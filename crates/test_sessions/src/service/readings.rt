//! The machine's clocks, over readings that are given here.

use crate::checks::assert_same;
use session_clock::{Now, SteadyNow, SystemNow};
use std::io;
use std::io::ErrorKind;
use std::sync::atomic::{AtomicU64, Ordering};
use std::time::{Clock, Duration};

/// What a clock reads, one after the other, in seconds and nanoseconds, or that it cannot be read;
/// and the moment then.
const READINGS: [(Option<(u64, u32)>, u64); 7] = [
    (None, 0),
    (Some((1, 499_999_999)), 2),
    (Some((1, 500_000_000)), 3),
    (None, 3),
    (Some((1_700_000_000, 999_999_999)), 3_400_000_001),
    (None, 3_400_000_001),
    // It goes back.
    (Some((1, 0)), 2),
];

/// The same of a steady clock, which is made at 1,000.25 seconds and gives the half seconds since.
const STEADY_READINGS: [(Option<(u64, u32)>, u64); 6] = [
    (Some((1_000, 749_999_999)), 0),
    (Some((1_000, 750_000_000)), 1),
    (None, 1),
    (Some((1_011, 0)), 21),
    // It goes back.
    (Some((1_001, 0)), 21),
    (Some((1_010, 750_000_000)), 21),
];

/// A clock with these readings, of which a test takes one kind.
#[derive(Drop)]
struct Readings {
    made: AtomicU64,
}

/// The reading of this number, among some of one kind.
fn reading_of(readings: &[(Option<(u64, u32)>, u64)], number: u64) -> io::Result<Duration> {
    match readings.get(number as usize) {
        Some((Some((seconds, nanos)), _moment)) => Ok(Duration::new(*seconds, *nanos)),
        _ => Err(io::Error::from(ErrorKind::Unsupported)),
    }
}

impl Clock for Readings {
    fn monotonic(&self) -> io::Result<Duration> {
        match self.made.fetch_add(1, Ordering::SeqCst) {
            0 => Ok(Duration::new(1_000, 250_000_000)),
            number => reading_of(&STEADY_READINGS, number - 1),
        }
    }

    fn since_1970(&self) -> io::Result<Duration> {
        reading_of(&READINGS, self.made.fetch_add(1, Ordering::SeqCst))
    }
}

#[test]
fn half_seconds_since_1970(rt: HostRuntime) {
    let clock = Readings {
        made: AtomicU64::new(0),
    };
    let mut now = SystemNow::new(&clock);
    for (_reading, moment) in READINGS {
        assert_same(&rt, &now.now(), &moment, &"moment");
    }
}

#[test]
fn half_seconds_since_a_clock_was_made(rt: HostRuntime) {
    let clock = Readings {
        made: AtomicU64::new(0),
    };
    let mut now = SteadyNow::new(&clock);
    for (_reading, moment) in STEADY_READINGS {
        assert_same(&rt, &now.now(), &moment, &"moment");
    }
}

________________

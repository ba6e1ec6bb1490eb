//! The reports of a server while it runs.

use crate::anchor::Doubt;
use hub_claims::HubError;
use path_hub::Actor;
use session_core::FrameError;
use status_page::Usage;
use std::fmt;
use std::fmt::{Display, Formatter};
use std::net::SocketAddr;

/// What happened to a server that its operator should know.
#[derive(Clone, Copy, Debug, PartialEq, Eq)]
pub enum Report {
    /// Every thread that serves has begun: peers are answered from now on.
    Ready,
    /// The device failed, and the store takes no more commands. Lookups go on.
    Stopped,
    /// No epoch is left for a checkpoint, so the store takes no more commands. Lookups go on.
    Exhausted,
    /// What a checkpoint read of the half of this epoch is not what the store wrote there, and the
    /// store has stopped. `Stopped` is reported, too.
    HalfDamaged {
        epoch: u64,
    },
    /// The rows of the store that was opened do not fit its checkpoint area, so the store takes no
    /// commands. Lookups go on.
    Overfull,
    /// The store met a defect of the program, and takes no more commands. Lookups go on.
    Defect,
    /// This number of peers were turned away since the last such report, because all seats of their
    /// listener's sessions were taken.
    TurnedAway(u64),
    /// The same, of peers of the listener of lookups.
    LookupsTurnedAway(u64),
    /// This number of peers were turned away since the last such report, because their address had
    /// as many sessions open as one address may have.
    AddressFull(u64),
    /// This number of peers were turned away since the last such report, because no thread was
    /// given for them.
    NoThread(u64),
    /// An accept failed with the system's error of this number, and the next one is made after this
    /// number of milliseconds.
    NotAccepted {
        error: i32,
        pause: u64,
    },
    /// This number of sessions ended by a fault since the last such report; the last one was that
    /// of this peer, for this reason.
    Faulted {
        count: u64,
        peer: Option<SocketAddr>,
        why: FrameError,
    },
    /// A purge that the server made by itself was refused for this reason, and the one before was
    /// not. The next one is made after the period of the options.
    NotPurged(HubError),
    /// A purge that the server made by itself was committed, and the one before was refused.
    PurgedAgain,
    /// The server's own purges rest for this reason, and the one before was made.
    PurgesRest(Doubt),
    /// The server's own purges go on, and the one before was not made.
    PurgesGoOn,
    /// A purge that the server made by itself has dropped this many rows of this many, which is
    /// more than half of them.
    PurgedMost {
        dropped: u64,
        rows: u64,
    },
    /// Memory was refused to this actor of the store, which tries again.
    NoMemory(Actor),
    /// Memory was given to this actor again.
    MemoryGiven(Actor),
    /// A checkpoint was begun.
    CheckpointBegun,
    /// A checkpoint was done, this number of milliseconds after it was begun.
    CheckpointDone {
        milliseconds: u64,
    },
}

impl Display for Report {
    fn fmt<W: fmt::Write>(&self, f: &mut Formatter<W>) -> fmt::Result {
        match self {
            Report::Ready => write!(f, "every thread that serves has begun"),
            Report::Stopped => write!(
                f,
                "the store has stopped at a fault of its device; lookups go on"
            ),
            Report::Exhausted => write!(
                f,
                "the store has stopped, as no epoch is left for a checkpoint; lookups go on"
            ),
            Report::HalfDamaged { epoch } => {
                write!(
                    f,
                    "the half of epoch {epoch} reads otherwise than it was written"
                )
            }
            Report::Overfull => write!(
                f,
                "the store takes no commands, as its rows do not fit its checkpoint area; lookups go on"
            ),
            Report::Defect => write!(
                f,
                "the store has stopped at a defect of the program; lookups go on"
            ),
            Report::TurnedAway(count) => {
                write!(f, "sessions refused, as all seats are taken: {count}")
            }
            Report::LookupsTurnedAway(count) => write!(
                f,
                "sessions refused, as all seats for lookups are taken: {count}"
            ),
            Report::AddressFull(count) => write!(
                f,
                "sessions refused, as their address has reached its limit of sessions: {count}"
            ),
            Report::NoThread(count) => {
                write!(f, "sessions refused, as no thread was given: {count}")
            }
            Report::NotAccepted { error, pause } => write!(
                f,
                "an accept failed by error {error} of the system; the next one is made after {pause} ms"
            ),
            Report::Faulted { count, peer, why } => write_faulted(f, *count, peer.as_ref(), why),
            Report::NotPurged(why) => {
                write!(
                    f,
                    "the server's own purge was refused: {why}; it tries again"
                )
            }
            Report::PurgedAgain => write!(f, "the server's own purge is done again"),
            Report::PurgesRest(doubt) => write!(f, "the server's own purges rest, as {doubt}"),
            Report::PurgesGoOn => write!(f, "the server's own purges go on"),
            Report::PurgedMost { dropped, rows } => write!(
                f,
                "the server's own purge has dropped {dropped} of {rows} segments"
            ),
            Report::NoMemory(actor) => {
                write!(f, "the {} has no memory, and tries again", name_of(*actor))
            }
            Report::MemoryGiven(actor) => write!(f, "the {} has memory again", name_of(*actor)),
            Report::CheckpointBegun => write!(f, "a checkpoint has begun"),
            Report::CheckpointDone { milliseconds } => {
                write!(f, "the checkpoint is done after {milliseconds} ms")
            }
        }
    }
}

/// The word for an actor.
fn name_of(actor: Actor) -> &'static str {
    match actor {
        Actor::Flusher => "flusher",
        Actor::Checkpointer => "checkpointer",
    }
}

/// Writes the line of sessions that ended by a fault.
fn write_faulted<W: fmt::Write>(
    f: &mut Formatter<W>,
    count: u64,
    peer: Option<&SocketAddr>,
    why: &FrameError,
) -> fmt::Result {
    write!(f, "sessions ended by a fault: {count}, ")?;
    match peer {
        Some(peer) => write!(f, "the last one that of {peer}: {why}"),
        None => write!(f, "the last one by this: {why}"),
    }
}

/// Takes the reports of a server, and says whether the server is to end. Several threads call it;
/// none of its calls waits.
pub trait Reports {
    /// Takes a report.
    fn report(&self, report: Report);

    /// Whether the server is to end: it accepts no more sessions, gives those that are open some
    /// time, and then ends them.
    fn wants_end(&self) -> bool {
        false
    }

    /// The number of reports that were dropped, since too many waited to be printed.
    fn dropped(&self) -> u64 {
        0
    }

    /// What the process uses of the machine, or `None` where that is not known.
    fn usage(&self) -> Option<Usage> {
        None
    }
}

________________

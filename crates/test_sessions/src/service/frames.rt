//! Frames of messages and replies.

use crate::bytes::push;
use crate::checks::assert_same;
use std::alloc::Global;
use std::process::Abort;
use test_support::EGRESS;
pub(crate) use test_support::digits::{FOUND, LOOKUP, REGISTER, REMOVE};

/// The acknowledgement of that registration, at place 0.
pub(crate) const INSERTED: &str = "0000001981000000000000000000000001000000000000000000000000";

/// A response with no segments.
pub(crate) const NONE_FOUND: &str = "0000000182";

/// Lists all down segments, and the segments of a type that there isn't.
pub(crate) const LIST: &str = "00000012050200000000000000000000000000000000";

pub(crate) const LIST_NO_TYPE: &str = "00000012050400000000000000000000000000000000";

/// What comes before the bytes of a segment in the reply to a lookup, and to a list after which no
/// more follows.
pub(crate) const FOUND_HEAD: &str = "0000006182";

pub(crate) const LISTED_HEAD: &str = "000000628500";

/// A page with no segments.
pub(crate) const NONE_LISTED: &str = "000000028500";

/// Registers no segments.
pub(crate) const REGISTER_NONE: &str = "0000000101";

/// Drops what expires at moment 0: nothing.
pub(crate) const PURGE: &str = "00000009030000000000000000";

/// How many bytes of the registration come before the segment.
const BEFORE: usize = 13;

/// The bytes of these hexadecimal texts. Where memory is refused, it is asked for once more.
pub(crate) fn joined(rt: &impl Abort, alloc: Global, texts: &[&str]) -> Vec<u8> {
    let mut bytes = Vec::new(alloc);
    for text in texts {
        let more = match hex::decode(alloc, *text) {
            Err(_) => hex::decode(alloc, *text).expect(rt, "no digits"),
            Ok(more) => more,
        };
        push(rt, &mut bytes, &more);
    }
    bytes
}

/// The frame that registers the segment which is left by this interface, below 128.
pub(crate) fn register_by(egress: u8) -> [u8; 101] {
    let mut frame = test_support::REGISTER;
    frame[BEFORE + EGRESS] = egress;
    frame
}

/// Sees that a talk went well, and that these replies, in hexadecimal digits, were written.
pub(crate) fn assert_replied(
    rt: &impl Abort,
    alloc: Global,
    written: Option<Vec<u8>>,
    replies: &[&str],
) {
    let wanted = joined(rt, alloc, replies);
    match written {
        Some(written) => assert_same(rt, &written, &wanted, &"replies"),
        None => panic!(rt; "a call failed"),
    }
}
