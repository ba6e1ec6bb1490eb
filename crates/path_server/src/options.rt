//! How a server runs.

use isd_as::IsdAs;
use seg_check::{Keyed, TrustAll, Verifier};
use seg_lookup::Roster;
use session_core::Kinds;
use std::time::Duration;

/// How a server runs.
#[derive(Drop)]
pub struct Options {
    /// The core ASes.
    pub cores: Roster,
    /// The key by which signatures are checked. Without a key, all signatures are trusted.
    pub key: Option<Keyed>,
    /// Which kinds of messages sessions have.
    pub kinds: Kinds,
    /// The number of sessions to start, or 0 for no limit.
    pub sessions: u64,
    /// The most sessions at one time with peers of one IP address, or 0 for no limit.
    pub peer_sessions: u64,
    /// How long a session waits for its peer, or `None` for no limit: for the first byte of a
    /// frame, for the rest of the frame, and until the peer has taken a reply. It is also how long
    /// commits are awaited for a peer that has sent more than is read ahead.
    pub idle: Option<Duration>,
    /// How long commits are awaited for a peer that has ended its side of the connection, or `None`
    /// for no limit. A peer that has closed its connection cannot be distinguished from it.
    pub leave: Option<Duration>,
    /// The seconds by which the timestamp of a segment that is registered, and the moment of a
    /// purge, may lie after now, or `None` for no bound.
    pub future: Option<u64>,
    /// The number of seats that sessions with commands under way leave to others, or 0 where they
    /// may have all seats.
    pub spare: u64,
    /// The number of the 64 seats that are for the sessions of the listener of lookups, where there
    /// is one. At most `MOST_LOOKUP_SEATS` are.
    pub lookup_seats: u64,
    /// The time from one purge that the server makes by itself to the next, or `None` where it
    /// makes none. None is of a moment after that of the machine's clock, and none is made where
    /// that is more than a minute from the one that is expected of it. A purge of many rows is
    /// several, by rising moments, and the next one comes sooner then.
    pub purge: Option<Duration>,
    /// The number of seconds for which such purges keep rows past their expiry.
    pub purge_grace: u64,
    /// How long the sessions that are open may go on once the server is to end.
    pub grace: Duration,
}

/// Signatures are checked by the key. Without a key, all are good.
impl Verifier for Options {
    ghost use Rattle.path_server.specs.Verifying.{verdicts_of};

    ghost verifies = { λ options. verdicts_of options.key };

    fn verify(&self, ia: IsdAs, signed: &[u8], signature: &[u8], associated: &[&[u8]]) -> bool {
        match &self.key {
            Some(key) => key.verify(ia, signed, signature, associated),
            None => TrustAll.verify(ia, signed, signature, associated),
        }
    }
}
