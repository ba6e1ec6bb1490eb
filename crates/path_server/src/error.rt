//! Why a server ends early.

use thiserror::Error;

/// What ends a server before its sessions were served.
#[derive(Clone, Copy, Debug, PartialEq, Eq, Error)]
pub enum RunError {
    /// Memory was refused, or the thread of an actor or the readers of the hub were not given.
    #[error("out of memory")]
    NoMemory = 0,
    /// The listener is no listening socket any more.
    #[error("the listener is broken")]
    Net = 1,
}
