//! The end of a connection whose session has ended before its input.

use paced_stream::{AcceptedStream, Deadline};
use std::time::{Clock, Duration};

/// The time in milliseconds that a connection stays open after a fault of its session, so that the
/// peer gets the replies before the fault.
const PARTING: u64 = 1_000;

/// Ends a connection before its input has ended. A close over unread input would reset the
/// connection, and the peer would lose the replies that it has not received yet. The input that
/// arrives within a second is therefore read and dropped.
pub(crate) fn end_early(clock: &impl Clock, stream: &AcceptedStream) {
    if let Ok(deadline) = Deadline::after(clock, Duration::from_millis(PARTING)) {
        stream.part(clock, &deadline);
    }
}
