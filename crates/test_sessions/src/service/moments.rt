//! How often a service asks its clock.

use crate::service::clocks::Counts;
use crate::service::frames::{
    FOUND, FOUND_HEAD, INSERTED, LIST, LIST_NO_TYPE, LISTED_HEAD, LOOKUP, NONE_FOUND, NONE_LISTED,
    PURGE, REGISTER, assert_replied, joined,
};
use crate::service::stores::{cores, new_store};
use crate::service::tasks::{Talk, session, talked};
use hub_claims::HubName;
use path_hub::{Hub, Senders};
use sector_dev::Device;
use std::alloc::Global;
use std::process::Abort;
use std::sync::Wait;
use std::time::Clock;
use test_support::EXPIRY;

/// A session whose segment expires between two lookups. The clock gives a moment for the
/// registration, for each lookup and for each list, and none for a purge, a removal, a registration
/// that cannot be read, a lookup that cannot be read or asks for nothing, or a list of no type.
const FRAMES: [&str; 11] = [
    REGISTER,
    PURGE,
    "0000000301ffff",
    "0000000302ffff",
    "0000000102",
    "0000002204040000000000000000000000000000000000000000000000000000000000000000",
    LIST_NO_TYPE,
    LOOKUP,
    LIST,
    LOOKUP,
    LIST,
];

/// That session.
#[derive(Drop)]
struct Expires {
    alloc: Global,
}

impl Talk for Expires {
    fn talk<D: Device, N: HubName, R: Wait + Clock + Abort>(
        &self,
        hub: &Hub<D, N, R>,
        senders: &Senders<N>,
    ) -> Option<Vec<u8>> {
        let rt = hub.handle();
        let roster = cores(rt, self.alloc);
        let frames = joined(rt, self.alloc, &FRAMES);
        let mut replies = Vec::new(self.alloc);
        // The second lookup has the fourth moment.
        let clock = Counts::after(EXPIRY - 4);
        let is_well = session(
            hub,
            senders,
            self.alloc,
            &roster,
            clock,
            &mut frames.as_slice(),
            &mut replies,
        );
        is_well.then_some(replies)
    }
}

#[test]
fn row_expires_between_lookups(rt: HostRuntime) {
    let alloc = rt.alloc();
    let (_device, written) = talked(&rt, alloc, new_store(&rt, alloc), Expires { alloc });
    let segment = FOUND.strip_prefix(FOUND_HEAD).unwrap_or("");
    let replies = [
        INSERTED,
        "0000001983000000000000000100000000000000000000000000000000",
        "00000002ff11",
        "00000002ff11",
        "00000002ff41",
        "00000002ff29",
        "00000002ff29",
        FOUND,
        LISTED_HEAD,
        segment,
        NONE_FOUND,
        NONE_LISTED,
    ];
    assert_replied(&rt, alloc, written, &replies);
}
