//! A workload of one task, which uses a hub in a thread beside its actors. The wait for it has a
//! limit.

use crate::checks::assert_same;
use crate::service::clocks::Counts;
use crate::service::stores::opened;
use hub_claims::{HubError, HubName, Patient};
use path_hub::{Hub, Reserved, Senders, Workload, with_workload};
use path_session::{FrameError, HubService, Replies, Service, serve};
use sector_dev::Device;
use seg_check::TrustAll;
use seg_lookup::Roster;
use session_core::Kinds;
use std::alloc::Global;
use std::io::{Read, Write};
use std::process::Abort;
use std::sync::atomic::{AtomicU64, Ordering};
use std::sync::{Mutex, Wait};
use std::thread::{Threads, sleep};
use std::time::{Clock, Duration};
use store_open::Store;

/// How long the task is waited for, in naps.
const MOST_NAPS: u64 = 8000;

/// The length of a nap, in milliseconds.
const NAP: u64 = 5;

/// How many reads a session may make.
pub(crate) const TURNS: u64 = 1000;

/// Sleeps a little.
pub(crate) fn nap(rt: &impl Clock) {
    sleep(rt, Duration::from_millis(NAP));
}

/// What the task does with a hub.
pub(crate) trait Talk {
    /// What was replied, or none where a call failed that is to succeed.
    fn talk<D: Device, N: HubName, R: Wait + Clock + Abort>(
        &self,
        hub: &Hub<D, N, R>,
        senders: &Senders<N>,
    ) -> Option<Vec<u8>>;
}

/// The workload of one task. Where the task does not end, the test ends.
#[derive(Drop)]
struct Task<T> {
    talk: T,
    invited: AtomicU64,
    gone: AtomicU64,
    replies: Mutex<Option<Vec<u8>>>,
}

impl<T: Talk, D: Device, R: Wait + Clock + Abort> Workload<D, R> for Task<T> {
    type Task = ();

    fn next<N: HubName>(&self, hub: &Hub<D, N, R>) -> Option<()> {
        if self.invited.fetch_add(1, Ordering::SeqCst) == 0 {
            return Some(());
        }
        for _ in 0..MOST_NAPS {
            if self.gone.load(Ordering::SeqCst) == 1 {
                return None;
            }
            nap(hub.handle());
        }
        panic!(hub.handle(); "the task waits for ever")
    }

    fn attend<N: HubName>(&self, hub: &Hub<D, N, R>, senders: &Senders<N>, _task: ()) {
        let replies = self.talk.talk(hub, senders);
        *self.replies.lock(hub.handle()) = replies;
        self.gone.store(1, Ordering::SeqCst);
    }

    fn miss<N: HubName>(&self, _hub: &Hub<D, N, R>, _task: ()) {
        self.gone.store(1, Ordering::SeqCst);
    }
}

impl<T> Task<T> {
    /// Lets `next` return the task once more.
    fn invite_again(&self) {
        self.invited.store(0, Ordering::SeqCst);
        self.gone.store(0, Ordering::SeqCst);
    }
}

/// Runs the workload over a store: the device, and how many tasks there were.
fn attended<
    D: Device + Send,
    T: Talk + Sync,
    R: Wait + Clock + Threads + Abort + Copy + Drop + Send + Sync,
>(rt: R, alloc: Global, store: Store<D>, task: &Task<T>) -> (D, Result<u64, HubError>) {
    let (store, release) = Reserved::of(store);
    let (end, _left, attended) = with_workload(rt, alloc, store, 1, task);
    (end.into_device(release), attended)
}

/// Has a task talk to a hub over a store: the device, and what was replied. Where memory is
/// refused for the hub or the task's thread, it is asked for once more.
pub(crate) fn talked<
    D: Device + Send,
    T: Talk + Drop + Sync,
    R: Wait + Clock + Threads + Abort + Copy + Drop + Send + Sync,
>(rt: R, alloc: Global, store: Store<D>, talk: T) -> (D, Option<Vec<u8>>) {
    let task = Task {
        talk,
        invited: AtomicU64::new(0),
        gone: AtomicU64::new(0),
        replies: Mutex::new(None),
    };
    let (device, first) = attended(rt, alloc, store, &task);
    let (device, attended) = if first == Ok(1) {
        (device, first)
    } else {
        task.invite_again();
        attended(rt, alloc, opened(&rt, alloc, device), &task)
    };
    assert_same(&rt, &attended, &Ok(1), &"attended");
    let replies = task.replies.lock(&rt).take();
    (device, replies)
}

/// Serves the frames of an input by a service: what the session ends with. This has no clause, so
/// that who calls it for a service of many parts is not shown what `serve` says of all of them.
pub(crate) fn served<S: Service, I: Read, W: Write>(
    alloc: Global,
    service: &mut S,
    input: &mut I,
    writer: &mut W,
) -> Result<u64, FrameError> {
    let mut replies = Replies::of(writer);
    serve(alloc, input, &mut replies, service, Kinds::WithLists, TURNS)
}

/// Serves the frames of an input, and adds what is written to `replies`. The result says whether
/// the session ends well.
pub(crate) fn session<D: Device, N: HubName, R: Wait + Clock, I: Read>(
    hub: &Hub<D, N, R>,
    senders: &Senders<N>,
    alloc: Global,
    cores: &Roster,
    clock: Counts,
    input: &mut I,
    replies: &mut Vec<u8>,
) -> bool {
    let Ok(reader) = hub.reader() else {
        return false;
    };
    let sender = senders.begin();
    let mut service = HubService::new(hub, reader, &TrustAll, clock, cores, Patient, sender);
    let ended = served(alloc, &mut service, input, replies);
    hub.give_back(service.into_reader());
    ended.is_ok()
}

________________

What is being asked = Copy out the lines above exactly, beginning at the one that contains "filename crates/test_sessions/src/service/readings.rt" and ending at the one that contains "fn half_seconds_since_a_clock_was_made(rt: HostRuntime)".

Exercise output =
filename crates/test_sessions/src/service/readings.rt
//! The machine's clocks, over readings that are given here.

use crate::checks::assert_same;
use session_clock::{Now, SteadyNow, SystemNow};
use std::io;
use std::io::ErrorKind;
use std::sync::atomic::{AtomicU64, Ordering};
use std::time::{Clock, Duration};

/// What a clock reads, one after the other, in seconds and nanoseconds, or that it cannot be read;
/// and the moment then.
const READINGS: [(Option<(u64, u32)>, u64); 7] = [
    (None, 0),
    (Some((1, 499_999_999)), 2),
    (Some((1, 500_000_000)), 3),
    (None, 3),
    (Some((1_700_000_000, 999_999_999)), 3_400_000_001),
    (None, 3_400_000_001),
    // It goes back.
    (Some((1, 0)), 2),
];

/// The same of a steady clock, which is made at 1,000.25 seconds and gives the half seconds since.
const STEADY_READINGS: [(Option<(u64, u32)>, u64); 6] = [
    (Some((1_000, 749_999_999)), 0),
    (Some((1_000, 750_000_000)), 1),
    (None, 1),
    (Some((1_011, 0)), 21),
    // It goes back.
    (Some((1_001, 0)), 21),
    (Some((1_010, 750_000_000)), 21),
];

/// A clock with these readings, of which a test takes one kind.
#[derive(Drop)]
struct Readings {
    made: AtomicU64,
}

/// The reading of this number, among some of one kind.
fn reading_of(readings: &[(Option<(u64, u32)>, u64)], number: u64) -> io::Result<Duration> {
    match readings.get(number as usize) {
        Some((Some((seconds, nanos)), _moment)) => Ok(Duration::new(*seconds, *nanos)),
        _ => Err(io::Error::from(ErrorKind::Unsupported)),
    }
}

impl Clock for Readings {
    fn monotonic(&self) -> io::Result<Duration> {
        match self.made.fetch_add(1, Ordering::SeqCst) {
            0 => Ok(Duration::new(1_000, 250_000_000)),
            number => reading_of(&STEADY_READINGS, number - 1),
        }
    }

    fn since_1970(&self) -> io::Result<Duration> {
        reading_of(&READINGS, self.made.fetch_add(1, Ordering::SeqCst))
    }
}

#[test]
fn half_seconds_since_1970(rt: HostRuntime) {
    let clock = Readings {
        made: AtomicU64::new(0),
    };
    let mut now = SystemNow::new(&clock);
    for (_reading, moment) in READINGS {
        assert_same(&rt, &now.now(), &moment, &"moment");
    }
}

#[test]
fn half_seconds_since_a_clock_was_made(rt: HostRuntime) {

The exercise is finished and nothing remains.